Data is the primary driving force behind innovation and competitiveness in almost all commercial enterprises. Its importance only increases as the amount of generated and stored data grows exponentially. However, data does not create innovation by itself. Instead, highly skilled professionals, backed up by cutting-edge technologies, pull value from the data, which drives innovation.
At Samsung Electronics, we have a wide range of business portfolios that provide services to billions of users and devices: mobile apps, mobile and wearable devices, consumer electronics, marketing, logistics, manufacturing, customer relations, enterprise resource planning, and human resources. Together, data from these sources produce one of the most comprehensive data sets on the planet, and at Samsung Research, our mission is to use this data to bring value to Samsung’s customers and the world.
Samsung Research aims to develop advanced data intelligence technologies which leverage Samsung’s massive data into actionable insights and provide our users with the information they need to live their best lives. To do this, our employees must have a large breadth of technical and interpersonal skills—not only are we coders, mathematicians, scientists, researchers, consultants, and innovators, but we also care deeply about our friends, family, and the future. As such, we are highly motivated to push the boundaries of technology to enable “data-driven” decisions and accelerate innovation.
To realize our vision, we are actively building the world’s best AI development environment so our workers can quickly test their ideas and rapidly push the frontiers of AI. Leveraging this advanced platform, Samsung Research researchers are working on core technologies that can help extract insights from data and use those to help improve our projects, services, and the world.
At Samsung Research, we use numerous cutting-edge techniques to extract insight from various data sources, data types, and use cases. Here are just a few of them.
Knowledge GraphsKnowledge graphs (KG) are important in information representation and decision making. As such, we have been developing component technologies and platforms for systematically building, maintaining, and effectively utilizing them. Our research topics include ML-based models for automated knowledge graph construction from different data sources, neural / logic-based reasoning engines, KG embedding (KGE) models and associated KGE-based downstream ML models, models for enabling KG-based semantic search with or without recently emerging large language models, and various optimization techniques to make all of these scalable and computationally efficient at both engine and platform level. Our technologies are helping to make our AI products (Bixby, SmartThings, future robot devices, etc.) more intelligent and proactive to better cope with each user’s context. Moreover, our ultimate vision is to build a unified Samsung graph to enhance our services, businesses, and management by seamlessly utilizing the data collected in the vast Samsung ecosystem.

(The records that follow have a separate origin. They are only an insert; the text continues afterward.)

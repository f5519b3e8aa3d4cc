//! A scan over the pairs of a tree whose keys lie in a closed range, over any `Pages`.
//! `next` gives the pairs one after another in rising order, each once, and then None; what is still to come is told by `Comes`, which lasts while
//! the tree stands as it is. A leaf is copied when the scan comes to it, so a key costs no descent: at most 2 * height pages are read a call, none is
//! changed, and no memory is taken. A call of the pages that fails leaves the scan as it was, to be asked again. Damage is answered never over
//! pages that stand for a tree, and else names a page to which they lead and which isn't in form at its level. Each call ends and is safe on any bytes.
#![tactic(auto)]

mod after;
mod copied;
mod scan;
mod seek;
mod turn;

pub use scan::Scan;
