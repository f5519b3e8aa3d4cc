//! The search for the leaf with the first pair from a key on.
ghost use Rattle.std.specs.Prelude.{◌≡◌, ◌<◌, ◌≤◌, ◌+◌, ◌*◌, ℕ, suc, List, [], take, drop, length, false, IsTrue, IfOk, IfErr, OnOk};
ghost use Rattle.gaz_leaf.specs.Node.{Pair, key_in, pairs_in, count_of as count_in, key_of, entry_at, IsForm, IsPage, IsShaped};
ghost use Rattle.gaz_tree.specs.Pairs.{Within};
ghost use Rattle.gaz_tree.specs.Tree.{BeginsWithZero, children_of, leaf_of, tree_pairs, next_key, IsFan, IsHead, IsTree, SomeEntry};
ghost use Rattle.gaz_tree.specs.Calls.{LeadsDown};
ghost use Rattle.gaz_page.specs.Pages.{HasReads, NoMemory};
ghost use Rattle.gaz_scan.specs.Seek.{Turns, FirstChild, Sought, First, Copies, CopiesOne, IsUnfit, IsNext, IsAmong, NamesUnder, pairs_below};

use crate::copied::Copied;
use crate::turn::{Turn, first_child_in, turn_in};
use gaz_leaf::{Key, Kind, count_of, first_above, is_page, key_at};
use gaz_page::{PageFault, Pages};

/// The place of the first entry of a leaf whose key isn't below this one, or the number of entries.
fn first_from(bytes: &[u8], key: Key) -> usize
    requires shaped { IsShaped Kind.Leaf bytes.now }
    ensures within { result ≤ count_in bytes.now }
    ensures before { (low high : ℕ) → Within low high (pairs_in Kind.Leaf bytes.now) → low ≤ key_in key → key_in key < high → Within low (key_in key) (take result (pairs_in Kind.Leaf bytes.now)) }
    ensures after { (low high : ℕ) → Within low high (pairs_in Kind.Leaf bytes.now) → low ≤ key_in key → key_in key < high → Within (key_in key) high (drop result (pairs_in Kind.Leaf bytes.now)) }
{
    let above = first_above(bytes, Kind::Leaf, 0, key);
    if above == 0 {
        return above;
    }
    if key_at(bytes, Kind::Leaf, above - 1).is_below(key) {
        return above;
    }
    above - 1
}

/// Copies a leaf with these bytes, where it has a key from this one on, and says whether it has.
fn copy_in(bytes: &[u8], page: u32, key: Key, copied: &mut Copied) -> Result<bool, PageFault>
    requires { length bytes.now ≡ 4096 }
    ensures sought { (low high : ℕ) → IsForm Kind.Leaf page bytes.now → Within low high (pairs_in Kind.Leaf bytes.now)
        → low ≤ key_in key → key_in key < high → Sought low high (key_in key) (pairs_in Kind.Leaf bytes.now) result copied.new }
    ensures copies { Copies result copied.old copied.new }
    ensures damaged { IfErr result (λ fault. fault ≡ PageFault.Damaged page) }
    ensures own { IfOk result (λ found. IsPage Kind.Leaf page bytes.now) }
    ensures shows { IfOk result (λ found. IsTrue found → copied.new.bytes ≡ bytes.now) }
    ensures unfit { IfErr result (λ fault. IsForm Kind.Leaf page bytes.now → ⊥) }
{
    if !is_page(bytes, Kind::Leaf, page) {
        return Err(PageFault::Damaged(page));
    }
    let at = first_from(bytes, key);
    if at == count_of(bytes) {
        return Ok(false);
    }
    copied.bytes.copy_from_slice(bytes);
    copied.at = at;
    Ok(true)
}

/// Copies a leaf with these bytes, which has to have an entry.
fn copy_all_in(bytes: &[u8], page: u32, copied: &mut Copied) -> Result<(), PageFault>
    requires { length bytes.now ≡ 4096 }
    ensures first { (low high : ℕ) → IsForm Kind.Leaf page bytes.now → Within low high (pairs_in Kind.Leaf bytes.now)
        → 0 < count_in bytes.now → First low high (pairs_in Kind.Leaf bytes.now) result copied.new }
    ensures copies { CopiesOne result copied.old copied.new }
    ensures damaged { IfErr result (λ fault. fault ≡ PageFault.Damaged page) }
    ensures own { OnOk result (IsPage Kind.Leaf page bytes.now) }
    ensures shows { OnOk result (copied.new.bytes ≡ bytes.now) }
    ensures unfit { IfErr result (λ fault. IsUnfit Kind.Leaf page bytes.now) }
{
    if !is_page(bytes, Kind::Leaf, page) {
        return Err(PageFault::Damaged(page));
    }
    if count_of(bytes) == 0 {
        return Err(PageFault::Damaged(page));
    }
    copied.bytes.copy_from_slice(bytes);
    copied.at = 0;
    Ok(())
}

/// Copies a leaf, where it has a key from this one on.
fn copy_from<P: Pages>(
    pages: &mut P,
    page: u32,
    key: Key,
    copied: &mut Copied,
) -> Result<bool, PageFault>
    ensures sought { IsTrue (P.view pages.old).is_told → (low high : ℕ) → IsHead (P.view pages.old).page 0 page low high
        → low ≤ key_in key → key_in key < high → Sought low high (key_in key) (leaf_of (P.view pages.old).page page) result copied.new }
    ensures copies { Copies result copied.old copied.new }
    ensures fault { IfErr result NoMemory }
    ensures own { IfOk result (λ found. IsTrue (P.view pages.old).is_told → IsPage Kind.Leaf page ((P.view pages.old).page page)) }
    ensures shows { IfOk result (λ found. IsTrue found → IsTrue (P.view pages.old).is_told → copied.new.bytes ≡ (P.view pages.old).page page) }
    ensures names { IsTrue (P.view pages.old).is_told → (most : ℕ) → NamesUnder (P.view pages.old).page most 0 page result }
    ensures reads { HasReads 1 (P.view pages.old) (P.view pages.new) result }
    ensures keeps { P.keeps pages.old pages.new }
{
    match pages.read(page) {
        Ok(bytes) => copy_in(bytes, page, key, copied),
        Err(fault) => Err(fault),
    }
}

/// Copies a leaf, which has to have an entry.
fn copy_all<P: Pages>(pages: &mut P, page: u32, copied: &mut Copied) -> Result<(), PageFault>
    ensures first { IsTrue (P.view pages.old).is_told → (low high : ℕ) → IsTree (P.view pages.old).page 0 page low high
        → First low high (leaf_of (P.view pages.old).page page) result copied.new }
    ensures copies { CopiesOne result copied.old copied.new }
    ensures fault { IfErr result NoMemory }
    ensures own { OnOk result (IsTrue (P.view pages.old).is_told → IsPage Kind.Leaf page ((P.view pages.old).page page)) }
    ensures shows { OnOk result (IsTrue (P.view pages.old).is_told → copied.new.bytes ≡ (P.view pages.old).page page) }
    ensures names { IsTrue (P.view pages.old).is_told → (most : ℕ) → 0 < most → NamesUnder (P.view pages.old).page most 0 page result }
    ensures reads { HasReads 1 (P.view pages.old) (P.view pages.new) result }
    ensures keeps { P.keeps pages.old pages.new }
{
    match pages.read(page) {
        Ok(bytes) => copy_all_in(bytes, page, copied),
        Err(fault) => Err(fault),
    }
}

/// The turn that leads to the key from an inner page.
fn read_turn<P: Pages>(pages: &mut P, page: u32, key: Key) -> Result<Turn, PageFault>
    ensures turns { IsTrue (P.view pages.old).is_told → IsForm Kind.Inner page ((P.view pages.old).page page)
        → BeginsWithZero (children_of (P.view pages.old).page page) → Turns (children_of (P.view pages.old).page page) (key_in key) result }
    ensures child { IfOk result (λ turn. IsTrue (P.view pages.old).is_told → SomeEntry (λ e. e.value ≡ turn.child) (children_of (P.view pages.old).page page)) }
    ensures own { IfOk result (λ turn. IsTrue (P.view pages.old).is_told → IsPage Kind.Inner page ((P.view pages.old).page page)) }
    ensures behind { IfOk result (λ turn. IsTrue (P.view pages.old).is_told → IsAmong turn.next (children_of (P.view pages.old).page page)) }
    ensures fault { IfErr result NoMemory }
    ensures names { IsTrue (P.view pages.old).is_told → (most level : ℕ) → level < most → NamesUnder (P.view pages.old).page most (suc level) page result }
    ensures reads { HasReads 1 (P.view pages.old) (P.view pages.new) result }
    ensures keeps { P.keeps pages.old pages.new }
{
    match pages.read(page) {
        Ok(bytes) => turn_in(bytes, page, key),
        Err(fault) => Err(fault),
    }
}

/// The first child page of an inner page.
fn read_first<P: Pages>(pages: &mut P, page: u32) -> Result<u32, PageFault>
    ensures first { IsTrue (P.view pages.old).is_told → IsForm Kind.Inner page ((P.view pages.old).page page)
        → BeginsWithZero (children_of (P.view pages.old).page page) → FirstChild (children_of (P.view pages.old).page page) result }
    ensures child { IfOk result (λ child. IsTrue (P.view pages.old).is_told → SomeEntry (λ e. e.value ≡ child) (children_of (P.view pages.old).page page)) }
    ensures own { IfOk result (λ child. IsTrue (P.view pages.old).is_told → IsPage Kind.Inner page ((P.view pages.old).page page)) }
    ensures fault { IfErr result NoMemory }
    ensures names { IsTrue (P.view pages.old).is_told → (most level : ℕ) → level < most → NamesUnder (P.view pages.old).page most (suc level) page result }
    ensures reads { HasReads 1 (P.view pages.old) (P.view pages.new) result }
    ensures keeps { P.keeps pages.old pages.new }
{
    match pages.read(page) {
        Ok(bytes) => first_child_in(bytes, page),
        Err(fault) => Err(fault),
    }
}

/// Copies the first leaf below a page of a level that isn't the topmost.
fn first_below<P: Pages>(
    pages: &mut P,
    level: u8,
    page: u32,
    copied: &mut Copied,
) -> Result<(), PageFault>
    ensures first { IsTrue (P.view pages.old).is_told → (low high : ℕ) → IsTree (P.view pages.old).page level page low high
        → First low high (tree_pairs (P.view pages.old).page level page) result copied.new }
    ensures copies { CopiesOne result copied.old copied.new }
    ensures fault { IfErr result NoMemory }
    ensures down { OnOk result (IsTrue (P.view pages.old).is_told → LeadsDown (P.view pages.old).page (λ leaf. copied.new.bytes ≡ (P.view pages.old).page leaf) level page) }
    ensures names { IsTrue (P.view pages.old).is_told → (most : ℕ) → level < most → NamesUnder (P.view pages.old).page most level page result }
    ensures reads { HasReads (level + 1) (P.view pages.old) (P.view pages.new) result }
    ensures keeps { P.keeps pages.old pages.new }
{
    if level == 0 {
        return copy_all(pages, page, copied);
    }
    match read_first(pages, page) {
        Ok(child) => first_below(pages, level - 1, child, copied),
        Err(fault) => Err(fault),
    }
}

/// Copies the first leaf below the next child, where there is one.
fn follow<P: Pages>(
    pages: &mut P,
    level: u8,
    next: Option<u32>,
    copied: &mut Copied,
) -> Result<bool, PageFault>
    ensures sought { IsTrue (P.view pages.old).is_told → (high : ℕ) (ys : List Pair) → IsFan (IsTree (P.view pages.old).page level) high ys → IsNext next ys
        → Sought (next_key high ys) high (next_key high ys) (pairs_below (P.view pages.old).page level ys) result copied.new }
    ensures copies { Copies result copied.old copied.new }
    ensures fault { IfErr result NoMemory }
    ensures down { IfOk result (λ found. IsTrue found → IsTrue (P.view pages.old).is_told → (page : ℕ) → IsAmong next (children_of (P.view pages.old).page page)
        → IsPage Kind.Inner page ((P.view pages.old).page page) → LeadsDown (P.view pages.old).page (λ leaf. copied.new.bytes ≡ (P.view pages.old).page leaf) (suc level) page) }
    ensures names { IsTrue (P.view pages.old).is_told → (most page : ℕ) → level < most → IsAmong next (children_of (P.view pages.old).page page) → NamesUnder (P.view pages.old).page most (suc level) page result }
    ensures few { IfOk result (λ found. found ≡ false → (P.view pages.new).reads ≤ (P.view pages.old).reads) }
    ensures reads { HasReads (level + 1) (P.view pages.old) (P.view pages.new) result }
    ensures keeps { P.keeps pages.old pages.new }
{
    match next {
        None => Ok(false),
        Some(child) => match first_below(pages, level, child, copied) {
            Ok(()) => Ok(true),
            Err(fault) => Err(fault),
        },
    }
}

/// Copies the leaf with the first pair from a key on below a page of a level, and says whether there is one.
pub fn seek_below<P: Pages>(
    pages: &mut P,
    level: u8,
    page: u32,
    key: Key,
    copied: &mut Copied,
) -> Result<bool, PageFault>
    ensures sought { IsTrue (P.view pages.old).is_told → (low high : ℕ) → IsHead (P.view pages.old).page level page low high
        → low ≤ key_in key → key_in key < high → Sought low high (key_in key) (tree_pairs (P.view pages.old).page level page) result copied.new }
    ensures copies { Copies result copied.old copied.new }
    ensures fault { IfErr result NoMemory }
    ensures down { IfOk result (λ found. IsTrue (P.view pages.old).is_told
        → LeadsDown (P.view pages.old).page (λ leaf. IsTrue found → copied.new.bytes ≡ (P.view pages.old).page leaf) level page) }
    ensures names { IsTrue (P.view pages.old).is_told → (most : ℕ) → level ≤ most → NamesUnder (P.view pages.old).page most level page result }
    ensures few { IfOk result (λ found. found ≡ false → (P.view pages.new).reads ≤ (P.view pages.old).reads + (level + 1)) }
    ensures reads { HasReads (2 * (level + 1)) (P.view pages.old) (P.view pages.new) result }
    ensures keeps { P.keeps pages.old pages.new }
{
    if level == 0 {
        return copy_from(pages, page, key, copied);
    }
    let turn = match read_turn(pages, page, key) {
        Ok(turn) => turn,
        Err(fault) => return Err(fault),
    };
    match seek_below(pages, level - 1, turn.child, key, copied) {
        Ok(true) => Ok(true),
        Ok(false) => follow(pages, level - 1, turn.next, copied),
        Err(fault) => Err(fault),
    }
}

We actively develop models and algorithms for optimizing ads and other market-based products. Research items include, but are not limited to, graph NNs (GNNs) for supporting scalable integrated data analysis of heterogeneous data sources, multi–task learning for efficiently training the task relationship in a multi–objective recommendation, domain adaptive/transferrable/interoperable modeling for rapidly increasing cold-start ads campaigns, and reinforcement learning for optimizing multiple business key performance indicators (KPIs) harmoniously.
In addition, we are conducting digital health-care data research, such as data imputation and anomaly detection technology to process time-series health sensor data, and developing recommendation/coaching systems to provide personalized well-being health-care services in exercise, diet, sleep, and mindfulness.
The Data Cloud team focuses on hardware (HW) infrastructure and software (SW) solutions for large-scale, complex data management, including high-quality data acquisition, massive data storage / repository management, and business analytics tools. We custom design the system for our researchers’ needs and secure the cost-effective infrastructure needed to acquire and manage the large-scale datasets utilized by our scientists. Our data cloud technologies provide a competitive advantage to our organization by providing our researchers with a fast and modern environment to extract value from Samsung’s vast data resources.
Our AI infrastructure research and deployment focuses on developing a world-class AI development environment with integrated physical HW and advanced SW systems that provide complete end-to-end ML operations ranging from data processing to AI model deployment. We are developing and deploying autonomous and scalable deep learning technologies based on the latest cloud technology. Ultimately, we seek to provide our AI platform and infrastructure to all Samsung AI developers and build an ecosystem enabling them to collaborate and share to leverage each other’s experiences to grow and be more productive.